REQUIREMENT: Work out how many lines in the records include the word "true", then answer with nothing but that number.
=-=-=-=-=
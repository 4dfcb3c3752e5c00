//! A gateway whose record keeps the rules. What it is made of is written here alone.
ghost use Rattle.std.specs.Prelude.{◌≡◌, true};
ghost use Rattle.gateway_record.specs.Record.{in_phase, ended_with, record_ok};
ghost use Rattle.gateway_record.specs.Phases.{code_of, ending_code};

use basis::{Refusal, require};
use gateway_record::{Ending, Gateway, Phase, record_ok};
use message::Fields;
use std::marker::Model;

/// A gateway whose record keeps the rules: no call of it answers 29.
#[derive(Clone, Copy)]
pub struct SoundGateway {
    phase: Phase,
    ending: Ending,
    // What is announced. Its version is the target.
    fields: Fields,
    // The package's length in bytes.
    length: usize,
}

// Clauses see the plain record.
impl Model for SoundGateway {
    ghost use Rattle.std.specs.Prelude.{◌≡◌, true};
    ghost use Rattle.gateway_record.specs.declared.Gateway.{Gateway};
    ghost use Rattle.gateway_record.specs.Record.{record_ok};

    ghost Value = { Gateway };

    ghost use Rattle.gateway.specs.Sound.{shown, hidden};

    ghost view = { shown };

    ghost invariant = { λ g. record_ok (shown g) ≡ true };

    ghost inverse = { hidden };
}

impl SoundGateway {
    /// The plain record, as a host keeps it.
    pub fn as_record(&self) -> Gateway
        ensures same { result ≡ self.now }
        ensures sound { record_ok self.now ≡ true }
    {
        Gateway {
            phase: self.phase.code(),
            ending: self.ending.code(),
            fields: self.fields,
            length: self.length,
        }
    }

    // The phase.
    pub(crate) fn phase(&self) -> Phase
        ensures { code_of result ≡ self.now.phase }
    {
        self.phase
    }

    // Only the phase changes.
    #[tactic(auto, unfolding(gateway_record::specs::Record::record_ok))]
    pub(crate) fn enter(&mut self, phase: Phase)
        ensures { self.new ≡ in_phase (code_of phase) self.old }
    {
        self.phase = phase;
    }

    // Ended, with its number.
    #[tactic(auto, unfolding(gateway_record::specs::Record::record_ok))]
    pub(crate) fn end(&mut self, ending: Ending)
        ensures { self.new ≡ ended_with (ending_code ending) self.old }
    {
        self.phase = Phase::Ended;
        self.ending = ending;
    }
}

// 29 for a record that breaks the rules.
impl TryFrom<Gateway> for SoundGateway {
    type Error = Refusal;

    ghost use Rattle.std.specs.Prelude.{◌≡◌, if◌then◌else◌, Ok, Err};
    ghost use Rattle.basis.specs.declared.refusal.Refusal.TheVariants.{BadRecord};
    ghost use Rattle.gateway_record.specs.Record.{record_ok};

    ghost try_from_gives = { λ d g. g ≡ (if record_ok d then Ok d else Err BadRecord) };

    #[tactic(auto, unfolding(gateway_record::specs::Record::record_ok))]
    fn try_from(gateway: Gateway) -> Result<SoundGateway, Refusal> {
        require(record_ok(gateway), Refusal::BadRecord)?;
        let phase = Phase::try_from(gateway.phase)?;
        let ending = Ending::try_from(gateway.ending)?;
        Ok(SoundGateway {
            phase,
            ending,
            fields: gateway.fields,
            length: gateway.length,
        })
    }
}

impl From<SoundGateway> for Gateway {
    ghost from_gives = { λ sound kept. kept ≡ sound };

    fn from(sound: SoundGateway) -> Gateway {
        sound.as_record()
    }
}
=-=-=-=-=
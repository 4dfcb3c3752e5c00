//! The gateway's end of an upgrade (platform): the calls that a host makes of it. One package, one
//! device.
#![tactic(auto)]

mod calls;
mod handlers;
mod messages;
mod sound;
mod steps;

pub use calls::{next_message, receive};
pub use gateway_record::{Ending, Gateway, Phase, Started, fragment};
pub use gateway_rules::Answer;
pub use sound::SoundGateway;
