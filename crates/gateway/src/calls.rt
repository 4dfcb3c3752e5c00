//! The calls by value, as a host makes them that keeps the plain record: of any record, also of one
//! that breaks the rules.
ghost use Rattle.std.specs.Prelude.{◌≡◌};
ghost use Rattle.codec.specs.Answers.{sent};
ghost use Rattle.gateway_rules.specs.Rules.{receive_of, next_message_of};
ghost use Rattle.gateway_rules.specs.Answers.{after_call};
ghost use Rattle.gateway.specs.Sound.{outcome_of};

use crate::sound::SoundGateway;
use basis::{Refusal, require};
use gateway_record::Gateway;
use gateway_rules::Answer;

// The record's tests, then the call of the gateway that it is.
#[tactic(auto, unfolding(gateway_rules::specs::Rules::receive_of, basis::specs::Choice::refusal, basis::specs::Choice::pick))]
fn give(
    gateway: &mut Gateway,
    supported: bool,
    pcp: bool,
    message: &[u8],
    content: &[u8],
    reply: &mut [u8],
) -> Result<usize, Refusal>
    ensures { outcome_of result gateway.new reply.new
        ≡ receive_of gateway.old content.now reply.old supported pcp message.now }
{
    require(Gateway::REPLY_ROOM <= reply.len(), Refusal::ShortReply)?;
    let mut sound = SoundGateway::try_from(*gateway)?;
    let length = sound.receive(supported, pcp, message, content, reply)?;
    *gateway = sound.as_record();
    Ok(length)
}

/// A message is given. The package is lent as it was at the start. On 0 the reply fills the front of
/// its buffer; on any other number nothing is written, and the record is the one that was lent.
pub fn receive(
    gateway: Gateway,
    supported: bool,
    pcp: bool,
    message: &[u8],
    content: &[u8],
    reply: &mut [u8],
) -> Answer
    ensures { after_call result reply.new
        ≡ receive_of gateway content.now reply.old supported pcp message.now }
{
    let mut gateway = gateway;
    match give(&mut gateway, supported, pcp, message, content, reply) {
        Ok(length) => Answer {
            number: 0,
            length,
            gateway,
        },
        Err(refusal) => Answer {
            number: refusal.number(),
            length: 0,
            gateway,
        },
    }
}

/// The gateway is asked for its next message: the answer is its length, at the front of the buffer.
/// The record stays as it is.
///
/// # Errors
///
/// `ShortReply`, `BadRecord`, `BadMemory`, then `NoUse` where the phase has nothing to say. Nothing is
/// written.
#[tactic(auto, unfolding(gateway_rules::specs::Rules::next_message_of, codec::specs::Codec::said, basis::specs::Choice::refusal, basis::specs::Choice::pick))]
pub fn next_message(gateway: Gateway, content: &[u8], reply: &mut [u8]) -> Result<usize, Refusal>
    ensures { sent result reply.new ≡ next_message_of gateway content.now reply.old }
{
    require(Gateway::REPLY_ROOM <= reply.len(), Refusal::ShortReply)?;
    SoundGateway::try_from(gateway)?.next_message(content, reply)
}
=-=-=-=-=
PROBLEM SOLUTION: 4